I use JuMP and Gurobi to set up and solve optimization problems. I have from time to time the problem that the built optimization problems are badly scaled. To take a first step in improved matrix ranges I have introduced general scaling factors for different groups of variables. However, this helps me only up to a certain extent.
My thought was to include dynamic variable and contraint scaling. According to my research JuMP has the goal to pass only the constraints without reformulations to the solver. Therefore I am thinking about writing a macro extension that can automatically apply different scaling approaches (e.g. geometric mean scaling or arithmetic mean scaling). However, at the moment I am still a bit lacking the approach to do this.
Therefore I wanted to ask if someone has ever coded something in this direction?

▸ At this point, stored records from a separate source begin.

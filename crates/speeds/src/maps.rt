// Sorted maps, dictionaries and frozen maps.
use crate::measured::{Measured, changed, other, sum_of_all, sum_of_walk, value_behind, value_of};
use crate::row::Row;
use frozen_sets::FrozenMap;
use imm_base::{LIMIT, Memory, Val, ValEq, ValOrder};
use imm_dictionary::Dict;
use sorted_maps::SortedMap;
use std::alloc::Global;

// Each value as a key with itself.
fn pairs_of(alloc: Global, values: &[Val]) -> Result<Vec<(Val, Val)>, Memory> {
    let mut pairs = Vec::new(alloc);
    for value in values {
        pairs.push((*value, *value))?;
    }
    Ok(pairs)
}

impl Measured for SortedMap<Val, Val, ValOrder> {
    const NAME: &'static str = "sorted map";

    fn build(alloc: Global, values: &[Val]) -> Option<Self> {
        let pairs = pairs_of(alloc, values).ok()?;
        other(SortedMap::new(ValOrder::Ordinal).set_items(alloc, pairs.as_slice()))
    }

    fn call(&mut self, alloc: Global, row: Row, number: u32) -> Option<u64> {
        match row {
            Row::Add => changed(self.add(alloc, value_behind(number), value_behind(number))),
            Row::LookUp => Some(u64::from(self.get(&value_of(number)).is_some())),
            Row::Remove => changed(self.remove(alloc, &value_of(number))),
            Row::Set => changed(self.set_item(alloc, value_of(number), value_behind(number))),
            Row::Iterate => sum_of_all(self.keys(alloc)),
            Row::Walk => sum_of_walk(alloc, self),
            _ => None,
        }
    }
}

impl Measured for Dict<Val, Val, ValEq> {
    const NAME: &'static str = "dictionary";

    fn build(alloc: Global, values: &[Val]) -> Option<Self> {
        let pairs = pairs_of(alloc, values).ok()?;
        other(Dict::new(ValEq::Ordinal).set_items(alloc, pairs.as_slice()))
    }

    fn call(&mut self, alloc: Global, row: Row, number: u32) -> Option<u64> {
        match row {
            Row::Add => changed(self.add(alloc, value_behind(number), value_behind(number))),
            Row::LookUp => Some(u64::from(self.get(&value_of(number)).is_some())),
            Row::Remove => changed(self.remove(alloc, &value_of(number))),
            Row::Set => changed(self.set_item(alloc, value_of(number), value_behind(number))),
            Row::Iterate => sum_of_all(self.keys(alloc)),
            Row::Walk => sum_of_walk(alloc, self),
            _ => None,
        }
    }
}

impl Measured for FrozenMap<Val> {
    const NAME: &'static str = "frozen map";

    fn build(alloc: Global, values: &[Val]) -> Option<Self> {
        let pairs = pairs_of(alloc, values).ok()?;
        if pairs.len() > LIMIT as usize {
            return None;
        }
        FrozenMap::from_list(alloc, pairs.as_slice(), ValEq::Ordinal).ok()
    }

    fn call(&mut self, alloc: Global, row: Row, number: u32) -> Option<u64> {
        match row {
            Row::LookUp => Some(u64::from(self.get(&value_of(number)).is_some())),
            Row::Iterate => sum_of_all(self.keys(alloc)),
            _ => None,
        }
    }
}
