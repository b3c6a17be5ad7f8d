//! Commands that threads serve at once.
ghost use Rattle.std.specs.Prelude.{◌≡◌, ◌<◌, ◌≤◌, IfOk, length, map};
ghost use Rattle.interlocked.specs.Meanings.{dict_plain};
ghost use Rattle.registry.specs.Registry.{AreAnswers, AreServed, IsAnswerTo, request_of};

use crate::command::{Answer, Command, Registry};
use crate::requests::{Request, Response, make_all};
use imm_base::Memory;
use interlocked::DictCall;
use std::alloc::Global;
use std::sync::Wait;
use std::thread::Threads;

/// What the commands ask of the cell.
fn requests(alloc: Global, commands: &[Command]) -> Result<Vec<Request<DictCall>>, Memory>
    ensures { IfOk result (λ all. all.items ≡ map request_of commands.now) }
{
    let requests = commands
        .iter()
        .map(|command| command.request())
        .collect(alloc)?;
    Ok(requests)
}

/// What a command is answered, if there was memory for its request.
fn answer(
    alloc: Global,
    command: &Command,
    response: &Option<Response<Registry>>,
) -> Result<Answer, Memory>
    ensures { IfOk result (IsAnswerTo command.now response.now) }
{
    match response {
        Some(response) => command.answer(alloc, response),
        None => Err(Memory),
    }
}

/// What each command is answered.
#[tactic(auto, using(crate::proofs::Answered::one_more))]
fn answers(
    alloc: Global,
    commands: &[Command],
    responses: &[Option<Response<Registry>>],
) -> Result<Vec<Answer>, Memory>
    requires { length commands.now ≡ length responses.now }
    ensures count { IfOk result (λ all. length all.items ≡ length responses.now) }
    ensures each { IfOk result (λ all. AreAnswers commands.now responses.now all.items) }
{
    let mut answers = Vec::new(alloc);
    for (index, response) in responses.iter().enumerate() {
        answers.push(answer(alloc, &commands[index], response)?)?;
    }
    Ok(answers)
}

/// Serves the commands at once, each in a thread of its own, by a cell that begins with this
/// registry. Answers what it ends with, and the answer to each command.
#[tactic(auto, using(crate::proofs::Served::all_served))]
pub fn serve<R: Threads + Wait + Sync>(
    rt: &R,
    alloc: Global,
    registry: Registry,
    commands: &[Command],
) -> Result<(Registry, Vec<Answer>), Memory>
    requires { (0 < length commands.now) × (length commands.now ≤ 8) }
    ensures { IfOk result (λ t. AreServed (dict_plain registry) (dict_plain t.0)
        commands.now t.1.items) }
{
    let requests = requests(alloc, commands)?;
    let (last, responses) = make_all(rt, alloc, registry, requests.as_slice())?;
    let answers = answers(alloc, commands, responses.as_slice())?;
    Ok((last, answers))
}
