// The shape of a code, from the bytes of a whole block.
#![tactic(auto)]

ghost use Rattle.std.specs.Prelude.{◌≡◌, length};
ghost use Rattle.code_bytes.specs.Bytes.{byte_at, block_length};
ghost use Rattle.code_shapes.specs.Shapes.{shape_of};

use code_bytes::{NOISE_LEVEL, POLE, RESONANCE};
use code_settings::{envelope_at, fade_at, lfo_at, oscillator_at};
use codes::Code;
use generator::Shape;
use settings::{high_pass, low_pass_from, noise_from};

// The shape of a code, from the bytes that the code reads.
pub fn shape_at(block: &[u8], code: Code) -> Shape
    requires { length block.now ≡ block_length }
    ensures { result ≡ shape_of code (byte_at block.now) }
{
    match code {
        Code::Envelope(id) => Shape::Envelope(envelope_at(block, id)),
        Code::Lfo(id) => Shape::Lfo(lfo_at(block, id, false)),
        Code::LfoUnipolar(id) => Shape::Lfo(lfo_at(block, id, true)),
        Code::Fade(id) => Shape::Fade(fade_at(block, id)),
        Code::LowPass => Shape::Filter(low_pass_from(block[RESONANCE], block[POLE])),
        Code::HighPass => Shape::Filter(high_pass()),
        Code::Oscillator(id) => Shape::Oscillator(oscillator_at(block, id)),
        Code::Noise => Shape::Noise(noise_from(block[NOISE_LEVEL])),
    }
}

I would not recommend writing macro extensions.
One way forward would be to create a Meta-Solver, which is a layer that will lie in between JuMP and the actual solver (eg. Gurobi) and will perform modifications in the data.
There are some packages that work similarly, getting JuMP data via MathOptInterface, performing modifications and forwarding the new MOI-based data to the solver:
The nice thing about this is you can perform your modifications by looking at the entire problem instead of doing it constraint-wise.
Once things are ready, the usage will look like this:
model = Model(MyScalingLayer.Optimizer(Gurobi.Optimizer))
Thanks for the reply. This sounds a lot more reasonable than my approach. I will try building a Meta-Solver.
I saw that you have a lot of contributions to these packages (respectively the one package is your own). If I get stuck I might get back to you with a specific question.